L'amore fa male agli adolescenti

Aumenta la depressione, peggiora i risultati scolastici. Meglio aspettare dopo le superiori.

di Lia Fiorio
24 set 2019
L'amore fa male agli adolescenti

L’ultima novità è che innamorarsi durante l’adolescenza farebbe male. Ma come!?!? Eppure lo dicono gli psicologi dell’Università della Georgia secondo una ricerca appena pubblicata. 594 studenti fra gli 11 e i 18 anni sono stati interrogati, così come i loro insegnanti. Ed i risultati fanno capire che sarebbe consigliabile vivere il cosiddetto "tempo delle mele" evitando flirts e primi amori e rimandando i batticuori alla fine delle superiori.

Si tenta di rottamare l'ormai autorevole teoria che gli amori precoci aiutano a crescere? Impossibile! Siamo pieni di esempi, veniamo da secoli di romanzi di formazione in cui l’Amore è il motore di tanti/e giovani. Storie che ancora ci ispirano.  In Cina dove la scuola esaspera la competizione tra studenti, alcuni istituti hanno vietato agli studenti gli «zao lian», cioè gli amori precoci. Siamo davanti allo scontro generazionale fra adulti disillusi e giovani sognatori e allo scontro di civiltà fra la cultura della produttività e quella dell’empatia.

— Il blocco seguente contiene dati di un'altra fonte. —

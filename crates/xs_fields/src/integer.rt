ghost use Rattle.std.specs.Prelude.{◌≡◌, ◌≤◌, ◌+◌, true, length, nat_abs, nat_le, int_le, FitsSigned, SomeIff};
ghost use Rattle.std.specs.Int.{w128};
ghost use Rattle.std.specs.Char.{is_ascii_digit};
ghost use Rattle.std.specs.List.{list_all};
ghost use Rattle.std.specs.Str.Parse.{digits_value, signed_digits_value, without_leading_sign};
ghost use Rattle.xs_fields.specs.Conditions.{first_missed, judged, meets};
ghost use Rattle.xs_fields.specs.Integers.{integer_of, is_integer, is_small, number_place, small_value_of};

use crate::condition::Condition;
use crate::words::from;
use xf_num::MAX_MAGNITUDE;
use xf_text::read_int;

/// The bytes behind a sign.
pub fn unsigned(word: &[u8]) -> &[u8]
    ensures { result.now ≡ without_leading_sign word.now }
{
    if !word.is_empty() && (word[0] == b'-' || word[0] == b'+') {
        from(word, 1)
    } else {
        word
    }
}

fn are_digits(bytes: &[u8]) -> bool
    ensures { result ≡ list_all is_ascii_digit bytes.now }
{
    bytes.iter().all(|byte| byte.is_ascii_digit())
}

pub fn is_integer(word: &[u8]) -> bool
    ensures { result ≡ is_integer word.now }
{
    let digits = unsigned(word);
    !digits.is_empty() && are_digits(digits)
}

fn is_small(value: i128) -> bool
    ensures { result ≡ is_small value }
{
    value.unsigned_abs() <= MAX_MAGNITUDE
}

/// Where the number of an integer begins.
fn number_place(word: &[u8]) -> usize
    ensures { result ≡ number_place word.now }
{
    if !word.is_empty() && word[0] == b'+' {
        1
    } else {
        0
    }
}

/// The value of an integer, where it is an i128.
fn wide_value(word: &[u8]) -> Option<i128>
    requires { is_integer word.now ≡ true }
    ensures { SomeIff result (FitsSigned w128 (signed_digits_value 10 word.now)) (signed_digits_value 10 word.now) }
{
    match read_int(word, number_place(word)) {
        Ok((value, _)) => Some(value),
        Err(_) => None,
    }
}

/// The value of an integer, where it is small.
pub fn small_value(word: &[u8]) -> Option<i128>
    requires { is_integer word.now ≡ true }
    ensures { result ≡ small_value_of word.now }
{
    match wide_value(word) {
        Some(value) => { if is_small(value) { Some(value) } else { None } }
        None => None,
    }
}

/// The integer that a word spells, or the first of `Spelling` and `Magnitude` that it misses.
pub fn read_integer(word: &[u8]) -> Result<i128, Condition>
    ensures { result ≡ judged is_small (integer_of word.now) }
{
    if !is_integer(word) {
        return Err(Condition::Spelling);
    }
    match small_value(word) {
        Some(value) => Ok(value),
        None => Err(Condition::Magnitude),
    }
}

/// The first of `Spelling` and `Magnitude` that the text of one integer misses.
pub fn judge_integer(text: &[u8]) -> Option<Condition>
    ensures { result ≡ first_missed (meets is_small (integer_of text.now)) }
{
    read_integer(text).err()
}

Vera Slepoy, autrice di La psicologia dell’amore, dice: "Viviamo in un’epoca che ha esaltato l’amore come perdita di razionalità, ma quando non abbiamo ancora strutturato la nostra identità un amore finito male può modificare la percezione di sé per tutta la vita, con depressione e perdita di autostima. Ovviamente non si può impedire a un teenager di innamorarsi", spiega la psicologa ma l’errore «è di quei genitori che enfatizzano i primi amori e spingono i figli ad adultizzare i rapporti in un modo che i ragazzi non sono pronti a gestire». L’altro discrimine, avvisa, è che spesso i giovani compensano nel rapporto le mancanze affettive che vivono in famiglia. Insomma, l’adolescente va in crisi quando la relazione viene sovraccaricata di aspettative e significati. Ma una cotta vissuta con lo spirito giusto aiuta anche a crescere. Dice Slepoj: «Segna l’uscita dall’età del narcisismo».